Source records
╭──
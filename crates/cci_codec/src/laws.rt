//! What ties the spelling of a request to its reading.

ghost use Rattle.cci_codec.specs.Messages.{ReadsRequest, WritesRequest, request_bytes};
ghost use Rattle.cci_codec.specs.declared.messages.Request.{Request};
ghost use Rattle.std.specs.Prelude.{◌<◌, ◌^◌, List, length, ℕ};

use crate::messages::Request;
use dcd_base::are_bytes;

/// The bytes that `encode_request` appends are the one spelling of the request. The call does nothing.
pub fn law_request_is_spelled(request: &Request)
    requires { length request.now.payload < 2 ^ 21 }
    ensures { WritesRequest request.now (request_bytes request.now) }
{
    let _tag = request.tag;
    let _opcode = request.opcode;
    are_bytes(request.payload.as_slice());
}

/// The spelling of a request reads as that request, so `decode` answers it or `NoMemory`. The call does nothing.
pub fn law_spelling_reads()
    ensures { (request : Request) (bytes : List ℕ) → WritesRequest request bytes → ReadsRequest bytes request }
{}
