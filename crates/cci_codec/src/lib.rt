//! The form of a message between a host or the Fabric Manager and the device: a header of 12 bytes and a payload.
#![tactic(auto)]

pub use dcd_base;

mod counted;
mod faults;
mod headers;
mod held;
mod laws;
mod messages;
mod payloads;
mod requests;
mod responses;

pub use faults::MessageFault;
pub use laws::{law_request_is_spelled, law_spelling_reads};
pub use messages::{Request, Response};
pub use payloads::Payload;
pub use requests::{decode, encode_request};
pub use responses::response_head;
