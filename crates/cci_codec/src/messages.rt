//! Requests and responses.

ghost use Rattle.std.specs.Prelude.{◌≡◌, IfOk};

use crate::payloads::Payload;
use dcd_base::{Bytes, NoMemory};

/// A request (CXL 3.1, 7.6.3): a command and its input payload.
#[derive(Debug, Drop)]
pub struct Request {
    /// The message tag, chosen by the requester and echoed in the response.
    pub tag: u8,
    /// The command opcode.
    pub opcode: u16,
    /// The input payload. One of more than 2,097,151 bytes has no spelling.
    pub payload: Payload,
}

impl Request {
    /// An equal request of its own.
    pub fn copy(&self) -> Result<Request, NoMemory>
        ensures { IfOk result (λ copy. copy ≡ self.now) }
    {
        Ok(Request {
            tag: self.tag,
            opcode: self.opcode,
            payload: self.payload.copy()?,
        })
    }
}

/// A response (CXL 3.1, 7.6.3): a return code and an output payload.
///
/// A response with a code other than Success has no payload (profile).
#[derive(Debug, Drop)]
pub struct Response {
    /// The message tag of the request.
    pub tag: u8,
    /// The opcode of the request.
    pub opcode: u16,
    /// The return code; 0 is Success.
    pub code: u16,
    /// The output payload. One of more than 2,097,151 bytes has no spelling.
    pub payload: Bytes,
}

impl Response {
    /// An equal response of its own.
    pub fn copy(&self) -> Result<Response, NoMemory>
        ensures { IfOk result (λ copy. copy ≡ self.now) }
    {
        Ok(Response {
            tag: self.tag,
            opcode: self.opcode,
            code: self.code,
            payload: self.payload.copy()?,
        })
    }
}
╰──
About this task
If a line in the records above contains the word "that", copy it.

Exercise response
/// The bytes that `encode_request` appends are the one spelling of the request. The call does nothing.
/// The spelling of a request reads as that request, so `decode` answers it or `NoMemory`. The call does nothing.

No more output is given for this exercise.